[[ Available data, beginning ]]

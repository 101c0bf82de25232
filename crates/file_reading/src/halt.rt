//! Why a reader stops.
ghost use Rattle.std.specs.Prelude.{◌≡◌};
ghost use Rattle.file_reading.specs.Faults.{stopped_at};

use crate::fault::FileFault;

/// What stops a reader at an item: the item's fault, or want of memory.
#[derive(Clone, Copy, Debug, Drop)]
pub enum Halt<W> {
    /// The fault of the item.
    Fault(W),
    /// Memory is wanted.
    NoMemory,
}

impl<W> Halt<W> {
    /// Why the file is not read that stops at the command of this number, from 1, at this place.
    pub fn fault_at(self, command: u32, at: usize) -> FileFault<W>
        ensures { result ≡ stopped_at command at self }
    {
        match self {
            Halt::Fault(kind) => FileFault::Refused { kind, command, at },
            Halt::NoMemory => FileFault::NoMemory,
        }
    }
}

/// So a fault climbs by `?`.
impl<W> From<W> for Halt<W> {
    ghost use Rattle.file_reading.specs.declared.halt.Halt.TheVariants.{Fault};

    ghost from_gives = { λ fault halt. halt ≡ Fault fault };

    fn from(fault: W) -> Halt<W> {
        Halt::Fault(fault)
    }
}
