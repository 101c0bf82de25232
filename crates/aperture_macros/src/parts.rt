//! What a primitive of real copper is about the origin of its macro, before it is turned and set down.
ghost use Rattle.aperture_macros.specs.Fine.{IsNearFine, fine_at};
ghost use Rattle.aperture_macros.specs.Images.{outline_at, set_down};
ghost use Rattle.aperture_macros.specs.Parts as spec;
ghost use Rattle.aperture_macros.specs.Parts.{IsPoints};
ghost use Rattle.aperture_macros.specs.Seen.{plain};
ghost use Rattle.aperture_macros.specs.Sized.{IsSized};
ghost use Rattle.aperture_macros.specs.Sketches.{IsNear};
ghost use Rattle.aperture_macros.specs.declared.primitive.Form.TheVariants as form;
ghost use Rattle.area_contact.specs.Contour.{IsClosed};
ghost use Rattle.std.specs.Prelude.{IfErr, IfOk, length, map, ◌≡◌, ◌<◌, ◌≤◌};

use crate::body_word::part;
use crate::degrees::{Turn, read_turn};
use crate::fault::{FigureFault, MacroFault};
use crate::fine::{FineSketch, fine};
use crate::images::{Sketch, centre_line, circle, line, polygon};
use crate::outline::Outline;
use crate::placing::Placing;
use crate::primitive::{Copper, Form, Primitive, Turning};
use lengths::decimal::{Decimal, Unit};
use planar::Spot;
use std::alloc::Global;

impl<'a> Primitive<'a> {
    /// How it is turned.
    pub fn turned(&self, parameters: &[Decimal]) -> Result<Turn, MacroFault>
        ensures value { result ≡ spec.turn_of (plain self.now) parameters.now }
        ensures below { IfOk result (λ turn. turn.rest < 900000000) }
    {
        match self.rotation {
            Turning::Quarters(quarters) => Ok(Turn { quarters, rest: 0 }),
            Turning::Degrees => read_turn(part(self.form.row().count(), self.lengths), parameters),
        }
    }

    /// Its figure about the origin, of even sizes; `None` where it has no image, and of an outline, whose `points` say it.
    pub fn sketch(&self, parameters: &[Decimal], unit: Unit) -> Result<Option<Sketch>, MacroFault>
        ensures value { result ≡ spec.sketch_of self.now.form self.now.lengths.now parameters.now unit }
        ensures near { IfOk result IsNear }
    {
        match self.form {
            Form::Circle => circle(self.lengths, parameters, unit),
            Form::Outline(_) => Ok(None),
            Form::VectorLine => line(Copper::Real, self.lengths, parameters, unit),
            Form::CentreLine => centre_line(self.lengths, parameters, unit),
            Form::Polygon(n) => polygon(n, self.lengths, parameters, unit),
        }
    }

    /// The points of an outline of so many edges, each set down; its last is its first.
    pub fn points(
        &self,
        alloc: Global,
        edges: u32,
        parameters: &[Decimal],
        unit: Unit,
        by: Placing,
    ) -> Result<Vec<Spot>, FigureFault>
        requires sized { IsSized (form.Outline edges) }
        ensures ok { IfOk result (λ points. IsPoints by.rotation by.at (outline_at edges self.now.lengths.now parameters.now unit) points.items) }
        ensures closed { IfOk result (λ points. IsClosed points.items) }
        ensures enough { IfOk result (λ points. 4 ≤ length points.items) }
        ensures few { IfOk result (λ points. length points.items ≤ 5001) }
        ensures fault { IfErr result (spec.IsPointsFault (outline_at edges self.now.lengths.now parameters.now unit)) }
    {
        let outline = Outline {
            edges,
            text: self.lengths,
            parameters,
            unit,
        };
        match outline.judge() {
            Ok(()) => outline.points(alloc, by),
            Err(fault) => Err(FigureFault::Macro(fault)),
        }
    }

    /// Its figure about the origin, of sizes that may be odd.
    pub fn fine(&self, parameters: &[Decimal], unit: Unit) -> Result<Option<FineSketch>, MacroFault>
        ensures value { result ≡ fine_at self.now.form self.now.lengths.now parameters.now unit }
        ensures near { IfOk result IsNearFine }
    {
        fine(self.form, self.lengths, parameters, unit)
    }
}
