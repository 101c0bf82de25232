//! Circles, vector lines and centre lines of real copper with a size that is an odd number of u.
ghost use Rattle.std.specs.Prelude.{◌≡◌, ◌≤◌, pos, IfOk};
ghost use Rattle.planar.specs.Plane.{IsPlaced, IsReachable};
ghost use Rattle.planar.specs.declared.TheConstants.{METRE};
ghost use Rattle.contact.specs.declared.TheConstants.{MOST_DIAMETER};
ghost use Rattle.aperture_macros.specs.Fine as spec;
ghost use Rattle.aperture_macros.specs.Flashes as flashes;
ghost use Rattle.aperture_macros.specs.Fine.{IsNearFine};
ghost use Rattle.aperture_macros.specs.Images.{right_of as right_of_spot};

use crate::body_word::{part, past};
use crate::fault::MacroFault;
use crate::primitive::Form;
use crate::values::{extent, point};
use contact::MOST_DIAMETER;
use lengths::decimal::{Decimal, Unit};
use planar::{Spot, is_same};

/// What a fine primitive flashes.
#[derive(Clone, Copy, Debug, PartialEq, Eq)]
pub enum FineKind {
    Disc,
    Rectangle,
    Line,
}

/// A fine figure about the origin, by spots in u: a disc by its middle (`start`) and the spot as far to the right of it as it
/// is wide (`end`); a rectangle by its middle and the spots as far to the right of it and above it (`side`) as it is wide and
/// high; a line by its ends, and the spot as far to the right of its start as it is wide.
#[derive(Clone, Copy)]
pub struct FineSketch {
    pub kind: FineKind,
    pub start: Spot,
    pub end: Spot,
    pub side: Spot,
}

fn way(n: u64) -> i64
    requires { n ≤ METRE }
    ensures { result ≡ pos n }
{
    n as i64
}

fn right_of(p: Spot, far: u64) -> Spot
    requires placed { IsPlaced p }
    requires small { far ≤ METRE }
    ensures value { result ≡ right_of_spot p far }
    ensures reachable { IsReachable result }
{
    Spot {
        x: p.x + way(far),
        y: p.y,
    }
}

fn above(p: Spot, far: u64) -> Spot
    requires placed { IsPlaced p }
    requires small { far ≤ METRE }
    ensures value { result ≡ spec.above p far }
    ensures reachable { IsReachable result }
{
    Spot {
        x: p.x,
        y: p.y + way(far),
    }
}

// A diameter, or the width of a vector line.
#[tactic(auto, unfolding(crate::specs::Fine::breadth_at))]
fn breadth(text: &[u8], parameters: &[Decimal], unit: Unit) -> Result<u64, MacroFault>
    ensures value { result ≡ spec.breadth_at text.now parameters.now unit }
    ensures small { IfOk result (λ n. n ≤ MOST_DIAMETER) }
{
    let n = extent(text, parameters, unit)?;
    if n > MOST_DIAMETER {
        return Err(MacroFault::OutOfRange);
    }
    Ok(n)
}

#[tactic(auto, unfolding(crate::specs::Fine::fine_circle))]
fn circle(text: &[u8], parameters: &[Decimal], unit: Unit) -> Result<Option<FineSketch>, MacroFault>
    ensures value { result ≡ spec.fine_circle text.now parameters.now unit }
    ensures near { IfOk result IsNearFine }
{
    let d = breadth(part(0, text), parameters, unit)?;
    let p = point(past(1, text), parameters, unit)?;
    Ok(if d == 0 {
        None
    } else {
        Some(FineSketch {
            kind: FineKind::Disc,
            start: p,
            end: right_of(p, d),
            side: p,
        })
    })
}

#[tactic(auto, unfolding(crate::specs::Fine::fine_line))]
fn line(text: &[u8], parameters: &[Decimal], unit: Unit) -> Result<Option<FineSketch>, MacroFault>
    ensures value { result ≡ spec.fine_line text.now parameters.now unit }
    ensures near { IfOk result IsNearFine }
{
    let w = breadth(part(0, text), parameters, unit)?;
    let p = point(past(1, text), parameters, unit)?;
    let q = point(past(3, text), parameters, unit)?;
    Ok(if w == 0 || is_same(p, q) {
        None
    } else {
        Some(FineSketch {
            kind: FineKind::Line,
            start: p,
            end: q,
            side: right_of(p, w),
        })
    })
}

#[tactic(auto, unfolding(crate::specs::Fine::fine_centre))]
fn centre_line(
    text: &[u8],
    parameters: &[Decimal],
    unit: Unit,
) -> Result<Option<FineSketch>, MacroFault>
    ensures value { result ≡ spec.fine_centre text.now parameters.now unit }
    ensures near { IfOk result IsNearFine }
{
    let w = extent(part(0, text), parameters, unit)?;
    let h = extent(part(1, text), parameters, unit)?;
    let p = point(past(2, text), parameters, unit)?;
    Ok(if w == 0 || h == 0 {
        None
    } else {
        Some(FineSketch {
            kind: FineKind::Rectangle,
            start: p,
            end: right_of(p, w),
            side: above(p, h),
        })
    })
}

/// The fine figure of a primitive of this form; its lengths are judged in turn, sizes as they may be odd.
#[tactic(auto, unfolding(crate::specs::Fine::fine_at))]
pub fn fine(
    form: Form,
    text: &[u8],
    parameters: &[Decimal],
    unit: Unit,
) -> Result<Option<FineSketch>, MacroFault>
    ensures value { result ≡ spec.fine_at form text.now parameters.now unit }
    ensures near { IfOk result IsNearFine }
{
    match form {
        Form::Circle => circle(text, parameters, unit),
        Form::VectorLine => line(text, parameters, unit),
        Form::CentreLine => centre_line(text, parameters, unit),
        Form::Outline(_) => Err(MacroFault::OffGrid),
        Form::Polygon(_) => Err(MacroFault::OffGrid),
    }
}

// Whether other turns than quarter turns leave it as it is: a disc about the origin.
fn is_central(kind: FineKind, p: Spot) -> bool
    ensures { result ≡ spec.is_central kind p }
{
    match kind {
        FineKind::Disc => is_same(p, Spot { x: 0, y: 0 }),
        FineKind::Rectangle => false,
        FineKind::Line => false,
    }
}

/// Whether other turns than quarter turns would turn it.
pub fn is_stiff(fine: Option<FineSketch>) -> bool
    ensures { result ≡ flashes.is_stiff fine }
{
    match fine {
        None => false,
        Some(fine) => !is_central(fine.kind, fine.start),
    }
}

[[ Available data, end ]]

◆ **Exercise directions**: Beginning with the line containing "pub fn sketch(&self, parameters: &[Decimal], unit: Unit)" and ending with the line containing "IsSized (form.Outline edges)", extract those lines exactly from the listing above, and only those.

◆ **Finished task**:
    pub fn sketch(&self, parameters: &[Decimal], unit: Unit) -> Result<Option<Sketch>, MacroFault>
        ensures value { result ≡ spec.sketch_of self.now.form self.now.lengths.now parameters.now unit }
        ensures near { IfOk result IsNear }
    {
        match self.form {
            Form::Circle => circle(self.lengths, parameters, unit),
            Form::Outline(_) => Ok(None),
            Form::VectorLine => line(Copper::Real, self.lengths, parameters, unit),
            Form::CentreLine => centre_line(self.lengths, parameters, unit),
            Form::Polygon(n) => polygon(n, self.lengths, parameters, unit),
        }
    }

    /// The points of an outline of so many edges, each set down; its last is its first.
    pub fn points(
        &self,
        alloc: Global,
        edges: u32,
        parameters: &[Decimal],
        unit: Unit,
        by: Placing,
    ) -> Result<Vec<Spot>, FigureFault>
        requires sized { IsSized (form.Outline edges) }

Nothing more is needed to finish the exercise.